» **TASK DETAILS**: Tally every line below where "CallTransferSetup" appears, then report the total alone.

» **DATA SHOWN**:
□ □ □
// The four enumerations of a message, and the number that stands for each case in a row.
ghost use Rattle.std.specs.Prelude.{◌≡◌};
ghost use Rattle.message.specs.Codes.{carrier_number, carrier_of, kind_number, kind_of, operation_number, operation_of, error_number, error_of, or_unknown};

use std::error::Error;

// The call message that carries the supplementary service.
#[derive(Clone, Copy, PartialEq, Eq, Debug, Default)]
pub enum Carrier {
    Setup,
    Alerting,
    Connect,
    Facility,
    #[default]
    ReleaseComplete,
}

// What is attached to the carrier.
#[derive(Clone, Copy, PartialEq, Eq, Debug, Default)]
pub enum Kind {
    #[default]
    Nothing,
    Invoke,
    Result,
    Error,
    Reject,
}

// The operation that is invoked or replied to.
#[derive(Clone, Copy, PartialEq, Eq, Debug)]
pub enum Operation {
    CallTransferIdentify,
    CallTransferAbandon,
    CallTransferInitiate,
    CallTransferSetup,
    HoldNotific,
    RetrieveNotific,
    RemoteHold,
    RemoteRetrieve,
}

// Why a confirmed operation was not carried out.
#[derive(Clone, Copy, PartialEq, Eq, Debug)]
pub enum ErrorCode {
    UnrecognizedCallIdentity,
    EstablishmentFailure,
    Unspecified,
    InvalidCallState,
    SupplementaryServiceInteractionNotAllowed,
}

// A number for which an enumeration has no case.
#[derive(Clone, Copy, PartialEq, Eq, Debug)]
pub struct UnknownNumber {
    pub number: u8,
}

impl Error for UnknownNumber {}

impl From<Carrier> for u8 {
    ghost from_gives = { λ carrier number. number ≡ carrier_number carrier };

    fn from(carrier: Carrier) -> u8 {
        match carrier {
            Carrier::Setup => 1,
            Carrier::Alerting => 2,
            Carrier::Connect => 3,
            Carrier::Facility => 4,
            Carrier::ReleaseComplete => 5,
        }
    }
}

impl TryFrom<u8> for Carrier {
    type Error = UnknownNumber;

    ghost try_from_gives = { λ number outcome. outcome ≡ or_unknown (carrier_of number) number };

    fn try_from(number: u8) -> Result<Carrier, UnknownNumber> {
        match number {
            1 => Ok(Carrier::Setup),
            2 => Ok(Carrier::Alerting),
            3 => Ok(Carrier::Connect),
            4 => Ok(Carrier::Facility),
            5 => Ok(Carrier::ReleaseComplete),
            _ => Err(UnknownNumber { number }),
        }
    }
}

impl From<Kind> for u8 {
    ghost from_gives = { λ kind number. number ≡ kind_number kind };

    fn from(kind: Kind) -> u8 {
        match kind {
            Kind::Nothing => 0,
            Kind::Invoke => 1,
            Kind::Result => 2,
            Kind::Error => 3,
            Kind::Reject => 4,
        }
    }
}

impl TryFrom<u8> for Kind {
    type Error = UnknownNumber;

    ghost try_from_gives = { λ number outcome. outcome ≡ or_unknown (kind_of number) number };

    fn try_from(number: u8) -> Result<Kind, UnknownNumber> {
        match number {
            0 => Ok(Kind::Nothing),
            1 => Ok(Kind::Invoke),
            2 => Ok(Kind::Result),
            3 => Ok(Kind::Error),
            4 => Ok(Kind::Reject),
            _ => Err(UnknownNumber { number }),
        }
    }
}

impl From<Operation> for u8 {
    ghost from_gives = { λ operation number. number ≡ operation_number operation };

    fn from(operation: Operation) -> u8 {
        match operation {
            Operation::CallTransferIdentify => 1,
            Operation::CallTransferAbandon => 2,
            Operation::CallTransferInitiate => 3,
            Operation::CallTransferSetup => 4,
            Operation::HoldNotific => 5,
            Operation::RetrieveNotific => 6,
            Operation::RemoteHold => 7,
            Operation::RemoteRetrieve => 8,
        }
    }
}

impl TryFrom<u8> for Operation {
    type Error = UnknownNumber;

    ghost try_from_gives = { λ number outcome. outcome ≡ or_unknown (operation_of number) number };

    fn try_from(number: u8) -> Result<Operation, UnknownNumber> {
        match number {
            1 => Ok(Operation::CallTransferIdentify),
            2 => Ok(Operation::CallTransferAbandon),
            3 => Ok(Operation::CallTransferInitiate),
            4 => Ok(Operation::CallTransferSetup),
            5 => Ok(Operation::HoldNotific),
            6 => Ok(Operation::RetrieveNotific),
            7 => Ok(Operation::RemoteHold),
            8 => Ok(Operation::RemoteRetrieve),
            _ => Err(UnknownNumber { number }),
        }
    }
}

impl From<ErrorCode> for u8 {
    ghost from_gives = { λ error number. number ≡ error_number error };

    fn from(error: ErrorCode) -> u8 {
        match error {
            ErrorCode::UnrecognizedCallIdentity => 1,
            ErrorCode::EstablishmentFailure => 2,
            ErrorCode::Unspecified => 3,
            ErrorCode::InvalidCallState => 4,
            ErrorCode::SupplementaryServiceInteractionNotAllowed => 5,
        }
    }
}

impl TryFrom<u8> for ErrorCode {
    type Error = UnknownNumber;

    ghost try_from_gives = { λ number outcome. outcome ≡ or_unknown (error_of number) number };

    fn try_from(number: u8) -> Result<ErrorCode, UnknownNumber> {
        match number {
            1 => Ok(ErrorCode::UnrecognizedCallIdentity),
            2 => Ok(ErrorCode::EstablishmentFailure),
            3 => Ok(ErrorCode::Unspecified),
            4 => Ok(ErrorCode::InvalidCallState),
            5 => Ok(ErrorCode::SupplementaryServiceInteractionNotAllowed),
            _ => Err(UnknownNumber { number }),
        }
    }
}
□ □ □
» **RESPONSE BELOW**: 3